Wednesday 17 January, 2018
Game Log 1, Part 2 - 1979 Revolution: Black Friday
If I had to describe playing this game in one word, it would be intense. I picked up where I left off last play session – in the streets during a massive demonstration – and continued to wander around and take photographs. Like last time, I read every snippet of history I could find, and tried to interact with everything I could. At this point, the tone of the game had switched from dark and terrifying to bright and energetic, with upbeat music and commentary from the protagonist’s friend. It stayed that way until I finally reached the front of the protests, at which point the army came in and grabbed the main speaker. Another friend of the protagonist threw rocks at the soldiers, then someone chucked an explosive, and from there it all went nuts.
After running for my life and nearly losing my camera, I had to pull shards of glass out of a man’s head and bandage him up, and then grab any evidence that he had been there, since it turned out he was the speaker that nearly got hauled away. The game then cut back to the interrogation room the story started in, which I had mixed feelings about. I was glad it happened in a narrative sense, since it made the first scene there make more sense – they needed to establish the place so they could go back there throughout the story – but the scene and choices that followed were rough. I had to pick between spilling all the secrets to the interrogator, or watching my character’s brother get tortured as he begged me to cooperate. The choices were timed, and the timer ran out as I freaked out over which one to pick.

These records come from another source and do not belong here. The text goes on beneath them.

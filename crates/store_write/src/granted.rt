//! The grants at a holder, as rows of the table `granted`.
ghost use Rattle.std.proofs.Common.{append-nil, append_assoc};
ghost use Rattle.std.specs.Prelude.{[], ◌∷◌};
ghost use Rattle.registry.specs.declared.change.Edit.TheVariants.{Revoke};
ghost use Rattle.registry.specs.Rows.{edited};
ghost use Rattle.store_write.specs.steps.RowEdits.{with_grants};
ghost use Rattle.store_transactions.specs.Statements.{IsReady, OnCleanDisk, StaysInside};
ghost use Rattle.store_write.specs.steps.Statements.{IfEdited};

use crate::row::HolderRow;
use addr::Name;
use registry::Granted;
use sqlite::{Alter, Error, Transaction};
use store_tables::{
    DELETE_GRANT, INSERT_GRANT, address_bytes, granted_values, number_values, scope_first,
};
use store_transactions::execute;

impl HolderRow for Granted {
    ghost added = { with_grants };

    ghost none_added = { λ r i. record r { grants = append-nil r.grants i } };

    ghost one_more_added = { λ xs x r i.
        record r { grants = append_assoc r.grants xs (x ∷ []) i } };

    #[tactic(auto, using(crate::proofs::EditSteps::puts_grant))]
    fn put<S: Alter>(&self, tx: &mut Transaction<'_, S>, holder: &Name) -> Result<(), Error> {
        let first = address_bytes(scope_first(&self.scope));
        execute(tx, INSERT_GRANT, &granted_values(holder, self, &first))
    }
}

/// Deletes the grant of this number, if there is one.
#[tactic(auto, using(crate::proofs::EditSteps::takes_grant))]
pub(crate) fn take_grant<S: Alter>(
    tx: &mut Transaction<'_, S>,
    holder: &Name,
    number: u32,
) -> Result<(), Error>
    requires { OnCleanDisk S.Store IsReady tx.old }
    ensures done { IfEdited S.Store result holder.now (edited (Revoke number)) tx.old tx.new }
    ensures inside { StaysInside S.Store tx.old tx.new }
{
    execute(tx, DELETE_GRANT, &number_values(holder, number))
}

As the scene went on, I started to notice something strange about the interrogator. The “learn more” button said that he is based off of a real person, but the way his actions in the game fit so perfectly with the narrative made him feel less than real. An archetype, in a way. I have to wonder if this might be a danger of converting history into a structured narrative – it removes it from real life enough that it doesn’t feel real. Though doing this might help people become emotionally invested, and thus able to remember facts more easily, does it diminish the sense that the things depicted more or less really happened?